Why can't you burn the movies? You should be able to burn it as a m4v file or use a program to rip it as movie in DVD format.

Personally though I'd just move them to an external drive.


----------



## SINC (Feb 16, 2001)

Andrew Pratt said:


> Why can't you burn the movies? You should be able to burn it as a m4v file or use a program to rip it as movie in DVD format.
> 
> Personally though I'd just move them to an external drive.


I tried to burn the m4v files using Toast 10 and it gave me a 'protected' message of some sort.


----------



## doglips (Feb 28, 2001)

I've flashed my aTV so I can use an external drive and liberate myself from the tyranny of itunes.


----------



## monokitty (Jan 26, 2002)

SINC said:


> I tried to burn the m4v files using Toast 10 and it gave me a 'protected' message of some sort.


This. iTunes-purchased films have FairPlay protection.


----------



## monokitty (Jan 26, 2002)

Also - don't delete movies permanently: Unlike music and TV shows, they cannot be re-downloaded.
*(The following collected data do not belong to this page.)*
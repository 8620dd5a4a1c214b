//! Registrations: from the body of a request to an application with its functions, or to the first fault,
//! by function and member. Stands on `kinds`, `cel_parse`, `text_num`, and on `serde_json` and `url`, which
//! say what a body and a URL are, and promises what each body gives by one table of members.
#![tactic(auto)]

mod address;
mod app;
mod cancel;
mod expression;
mod fault;
mod flaw;
mod flow;
mod function;
mod laws;
mod limit;
mod member;
mod part;
mod steps;
mod throttle;
mod trigger;
mod window;

pub use app::read_app;
pub use fault::RegisterFault;
pub use laws::read_functions_are_in_range;
pub use member::Member;
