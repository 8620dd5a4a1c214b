// How the runs of a function are limited, gathered and cancelled.
ghost use Rattle.lists.specs.Starved.{OrStarved};
ghost use Rattle.std.specs.Prelude.{◌≡◌};
ghost use Rattle.serde_json.specs.View.{view};
ghost use Rattle.registry.specs.Flows.{priority_in, priority_of};
ghost use Rattle.registry.specs.Functions.{admission_of, batch_at, beside_batch, cancels_at, debounce_at, fits_batch, flow_of, limits_at, priority_at, throttle_at, unless_there, windows_of};
ghost use Rattle.registry.specs.declared.fault.RegisterFault.TheVariants as fault;
ghost use Rattle.registry.specs.declared.flaw.Flaw.TheVariants.{Memory};

use crate::cancel::cancels_in;
use crate::expression::expression_of;
use crate::flaw::{Flaw, blame};
use crate::limit::limits_in;
use crate::part::{first_present, part};
use crate::throttle::throttle_in;
use crate::window::{batch_in, debounce_in};
use crate::{Member, RegisterFault};
use expr::Expr;
use kinds::{Batch, CancelEntry, Debounce, Limit, Throttle};
use lists::Items;
use serde_json::Value;
use std::alloc::Global;

/// How many calls of a function are open, and how often its runs start.
#[derive(Drop)]
pub(crate) struct Admission {
    pub limits: Items<Limit>,
    pub throttle: Option<Throttle>,
}

/// Which events a run has.
#[derive(Drop)]
pub(crate) struct Windows {
    pub debounce: Option<Debounce>,
    pub batch: Option<Batch>,
}

/// When the runs of a function start, and what cancels them.
#[derive(Drop)]
pub(crate) struct Flow {
    pub admission: Admission,
    pub windows: Windows,
    pub priority: Option<Expr>,
    pub cancels: Items<CancelEntry>,
}

#[tactic(auto, unfolding(crate::specs::Functions::flow_of))]
pub(crate) fn flow_of(alloc: Global, index: u64, function: &Value) -> Result<Flow, RegisterFault>
    ensures { OrStarved fault.Memory (flow_of index (view function.now)) result }
{
    let admission = admission_of(alloc, index, function)?;
    let windows = windows_of(alloc, index, function)?;
    let priority = priority_at(alloc, index, function)?;
    let cancels = cancels_at(alloc, index, function)?;
    fits_batch(index, function)?;
    Ok(Flow {
        admission,
        windows,
        priority,
        cancels,
    })
}

#[tactic(auto, unfolding(crate::specs::Functions::admission_of))]
fn admission_of(alloc: Global, index: u64, function: &Value) -> Result<Admission, RegisterFault>
    ensures { OrStarved fault.Memory (admission_of index (view function.now)) result }
{
    let limits = limits_at(alloc, index, function)?;
    let throttle = throttle_at(alloc, index, function)?;
    Ok(Admission { limits, throttle })
}

#[tactic(auto, unfolding(crate::specs::Functions::windows_of))]
fn windows_of(alloc: Global, index: u64, function: &Value) -> Result<Windows, RegisterFault>
    ensures { OrStarved fault.Memory (windows_of index (view function.now)) result }
{
    let debounce = debounce_at(alloc, index, function)?;
    let batch = batch_at(alloc, index, function)?;
    Ok(Windows { debounce, batch })
}

#[tactic(auto, unfolding(crate::specs::Functions::limits_at))]
fn limits_at(alloc: Global, index: u64, function: &Value) -> Result<Items<Limit>, RegisterFault>
    ensures { OrStarved fault.Memory (limits_at index (view function.now)) result }
{
    blame(index, Member::Concurrency, limits_in(alloc, function))
}

#[tactic(auto, unfolding(crate::specs::Functions::throttle_at))]
fn throttle_at(
    alloc: Global,
    index: u64,
    function: &Value,
) -> Result<Option<Throttle>, RegisterFault>
    ensures { OrStarved fault.Memory (throttle_at index (view function.now)) result }
{
    blame(index, Member::Throttle, throttle_in(alloc, function))
}

#[tactic(auto, unfolding(crate::specs::Functions::debounce_at))]
fn debounce_at(
    alloc: Global,
    index: u64,
    function: &Value,
) -> Result<Option<Debounce>, RegisterFault>
    ensures { OrStarved fault.Memory (debounce_at index (view function.now)) result }
{
    blame(index, Member::Debounce, debounce_in(alloc, function))
}

#[tactic(auto, unfolding(crate::specs::Functions::batch_at))]
fn batch_at(alloc: Global, index: u64, function: &Value) -> Result<Option<Batch>, RegisterFault>
    ensures { OrStarved fault.Memory (batch_at index (view function.now)) result }
{
    blame(index, Member::BatchEvents, batch_in(alloc, function))
}

#[tactic(auto, unfolding(crate::specs::Functions::priority_at))]
fn priority_at(alloc: Global, index: u64, function: &Value) -> Result<Option<Expr>, RegisterFault>
    ensures { OrStarved fault.Memory (priority_at index (view function.now)) result }
{
    blame(index, Member::Priority, priority_in(alloc, function))
}

#[tactic(auto, unfolding(crate::specs::Functions::cancels_at))]
fn cancels_at(
    alloc: Global,
    index: u64,
    function: &Value,
) -> Result<Items<CancelEntry>, RegisterFault>
    ensures { OrStarved fault.Memory (cancels_at index (view function.now)) result }
{
    blame(index, Member::Cancel, cancels_in(alloc, function))
}

/// Nothing, where all members go with batches, or there are none.
#[tactic(auto, unfolding(crate::specs::Functions::fits_batch))]
fn fits_batch(index: u64, function: &Value) -> Result<(), RegisterFault>
    ensures { result ≡ fits_batch index (view function.now) }
{
    unless_there(index, Flaw::BatchWith, beside_batch(function))
}

/// Nothing, where this member isn't there; else it is at fault.
pub(crate) fn unless_there(
    index: u64,
    flaw: Flaw,
    member: Option<Member>,
) -> Result<(), RegisterFault>
    ensures { result ≡ unless_there index flaw member }
{
    match member {
        Some(member) => Err(flaw.of(index, member)),
        None => Ok(()),
    }
}

/// The first member that doesn't go with batches, of a function that has them.
fn beside_batch(function: &Value) -> Option<Member>
    ensures { result ≡ beside_batch (view function.now) }
{
    let _batch = part(function, "batchEvents")?;
    first_present(
        &[Member::Cancel, Member::Priority, Member::Debounce],
        function,
    )
}

/// The priority of a function, where it has one.
fn priority_in(alloc: Global, function: &Value) -> Result<Option<Expr>, Flaw>
    ensures { OrStarved Memory (priority_in (view function.now)) result }
{
    match part(function, "priority") {
        Some(value) => Ok(Some(priority_of(alloc, value)?)),
        None => Ok(None),
    }
}

#[tactic(auto, unfolding(crate::specs::Flows::priority_of))]
fn priority_of(alloc: Global, value: &Value) -> Result<Expr, Flaw>
    ensures { OrStarved Memory (priority_of (view value.now)) result }
{
    match part(value, "run") {
        Some(run) => expression_of(alloc, run),
        None => Err(Flaw::Expression { at: 0 }),
    }
}
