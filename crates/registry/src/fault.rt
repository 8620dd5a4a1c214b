// Why a registration is refused.
ghost use Rattle.std.specs.Prelude.{◌≡◌, Some, IfOk};
ghost use Rattle.registry.specs.Answers.{fault_answer, refused_in};

use crate::Member;
use kinds::{Out, error_answer, function_error_answer};
use lists::Memory;
use std::alloc::Global;
use std::fmt;

/// Why a registration is refused: the first fault, function by function. `function` is the function's index in
/// the body, from 0, and `member` the function's own member in which the fault lies.
#[derive(Clone, Copy, Debug, PartialEq, Eq)]
pub enum RegisterFault {
    /// The body is no JSON object (RFC 8259).
    NotJson,
    /// `appName` is no text, or an empty one.
    NoAppName,
    /// `functions` is no array of at most 256.
    NoFunctions,
    /// It is no object, its id or its name can't be, or it has a member that isn't read yet.
    BadFunction {
        function: u64,
        member: Member,
    },
    /// `triggers` aren't one to ten with an event each, or one is a time.
    BadTrigger {
        function: u64,
        member: Member,
    },
    /// The application's URL isn't one that can be called.
    BadUrl {
        function: u64,
        member: Member,
    },
    /// The application's URL has the scheme `https`.
    HttpsUrl {
        function: u64,
        member: Member,
    },
    /// A number is none or out of its range, or what holds the numbers is of another kind.
    BadLimit {
        function: u64,
        member: Member,
    },
    /// There are more than two concurrency limits.
    TooManyLimits {
        function: u64,
        member: Member,
    },
    /// A period or timeout is no duration from 1 ms to 366 days.
    BadPeriod {
        function: u64,
        member: Member,
    },
    /// An expression can't be read at this byte of it, from 0.
    BadExpression {
        function: u64,
        member: Member,
        at: u64,
    },
    /// The member can't stand beside `batchEvents`.
    BatchWith {
        function: u64,
        member: Member,
    },
    /// The retries aren't a whole number from 0 to 20.
    BadRetries {
        function: u64,
        member: Member,
    },
    /// The event that cancels is no text, or is one of the server's own.
    CancelName {
        function: u64,
        member: Member,
    },
    /// No memory was to be had.
    Memory,
}

impl From<Memory> for RegisterFault {
    ghost use Rattle.std.specs.Prelude.{◌≡◌};
    ghost use Rattle.registry.specs.declared.fault.RegisterFault.TheVariants as fault;

    ghost from_gives = { λ _ e. e ≡ fault.Memory };

    fn from(_error: Memory) -> Self {
        RegisterFault::Memory
    }
}

impl RegisterFault {
    /// What the sender of the registration is told. Want of memory has no answer of its own.
    pub fn answer(&self, alloc: Global) -> Result<Out, Memory>
        ensures { IfOk result (λ out. fault_answer self.now ≡ Some out) }
    {
        match *self {
            RegisterFault::NotJson => error_answer(alloc, 400, b"not json", None),
            RegisterFault::NoAppName => error_answer(alloc, 400, b"no app name", None),
            RegisterFault::NoFunctions => error_answer(alloc, 400, b"no functions", None),
            RegisterFault::BadFunction { function, member } => {
                refused_in(alloc, b"bad function", function, member, None)
            }
            RegisterFault::BadTrigger { function, member } => {
                refused_in(alloc, b"bad trigger", function, member, None)
            }
            RegisterFault::BadUrl { function, member } => {
                refused_in(alloc, b"bad url", function, member, None)
            }
            RegisterFault::HttpsUrl { function, member } => {
                refused_in(alloc, b"https url", function, member, None)
            }
            RegisterFault::BadLimit { function, member } => {
                refused_in(alloc, b"bad limit", function, member, None)
            }
            RegisterFault::TooManyLimits { function, member } => {
                refused_in(alloc, b"too many limits", function, member, None)
            }
            RegisterFault::BadPeriod { function, member } => {
                refused_in(alloc, b"bad period", function, member, None)
            }
            RegisterFault::BadExpression {
                function,
                member,
                at,
            } => refused_in(alloc, b"bad expression", function, member, Some(at)),
            RegisterFault::BatchWith { function, member } => {
                refused_in(alloc, b"batch with", function, member, None)
            }
            RegisterFault::BadRetries { function, member } => {
                refused_in(alloc, b"bad retries", function, member, None)
            }
            RegisterFault::CancelName { function, member } => {
                refused_in(alloc, b"cancel name", function, member, None)
            }
            RegisterFault::Memory => Err(Memory),
        }
    }
}

fn refused_in(
    alloc: Global,
    word: &[u8],
    function: u64,
    member: Member,
    at: Option<u64>,
) -> Result<Out, Memory>
    ensures { IfOk result (λ out. out ≡ refused_in word.now function member at) }
{
    function_error_answer(alloc, 400, word, function, member.name().as_bytes(), at)
}

fn write_in<W: fmt::Write>(
    f: &mut fmt::Formatter<W>,
    what: &str,
    function: u64,
    member: Member,
) -> fmt::Result {
    let name = member.name();
    write!(f, "{what} in {name} of function {function}")
}

impl fmt::Display for RegisterFault {
    fn fmt<W: fmt::Write>(&self, f: &mut fmt::Formatter<W>) -> fmt::Result {
        match *self {
            RegisterFault::NotJson => f.write_str("not a JSON object"),
            RegisterFault::NoAppName => f.write_str("no app name"),
            RegisterFault::NoFunctions => f.write_str("no functions"),
            RegisterFault::BadFunction { function, member } => {
                write_in(f, "bad function", function, member)
            }
            RegisterFault::BadTrigger { function, member } => {
                write_in(f, "bad trigger", function, member)
            }
            RegisterFault::BadUrl { function, member } => write_in(f, "bad URL", function, member),
            RegisterFault::HttpsUrl { function, member } => {
                write_in(f, "https URL", function, member)
            }
            RegisterFault::BadLimit { function, member } => {
                write_in(f, "bad limit", function, member)
            }
            RegisterFault::TooManyLimits { function, member } => {
                write_in(f, "too many limits", function, member)
            }
            RegisterFault::BadPeriod { function, member } => {
                write_in(f, "bad period", function, member)
            }
            RegisterFault::BadExpression {
                function,
                member,
                at,
            } => {
                write_in(f, "bad expression", function, member)?;
                write!(f, ", at byte {at} of it")
            }
            RegisterFault::BatchWith { function, member } => {
                write_in(f, "not beside batchEvents:", function, member)
            }
            RegisterFault::BadRetries { function, member } => {
                write_in(f, "bad retries", function, member)
            }
            RegisterFault::CancelName { function, member } => {
                write_in(f, "bad event", function, member)
            }
            RegisterFault::Memory => f.write_str("out of memory"),
        }
    }
}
I'd keep them on an external hard drive like others have already suggested.


----------



## G-Mo (Sep 26, 2007)

I keep over 750GB of video on an eternal HDD which I have Aliases to in my iTunes Media folder... Works as expected at home, but isn't available "on the road" unless I take the external drive with me... perfect solution for me.


----------



## SINC (Feb 16, 2001)

G-Mo said:


> I keep over 750GB of video on an eternal HDD which I have Aliases to in my iTunes Media folder... Works as expected at home, but isn't available "on the road" unless I take the external drive with me... perfect solution for me.


I assume you keep them as m4v files, do you?


----------



## fjnmusic (Oct 29, 2006)

Easiest option by far is simply to copy them from the iTunes/Movies folder inside your Music folder (go figure) to an external drive—these are quite cheap these days—and then delete them from your iTunes/Movies folder after doing so. You'll get a (!) beside the file if you try to play it in iTunes, but then you just redirect iTunes to the new location and you're good to go. Saves disk space on your main computer, yet the movie will continue to work on your MB, ATV, or wherever else as though it were still in your MB hard drive. 

Eventually we'll be able to do the same with iCloud, I'd imagine.


----------



## G-Mo (Sep 26, 2007)

SINC said:


> I assume you keep them as m4v files, do you?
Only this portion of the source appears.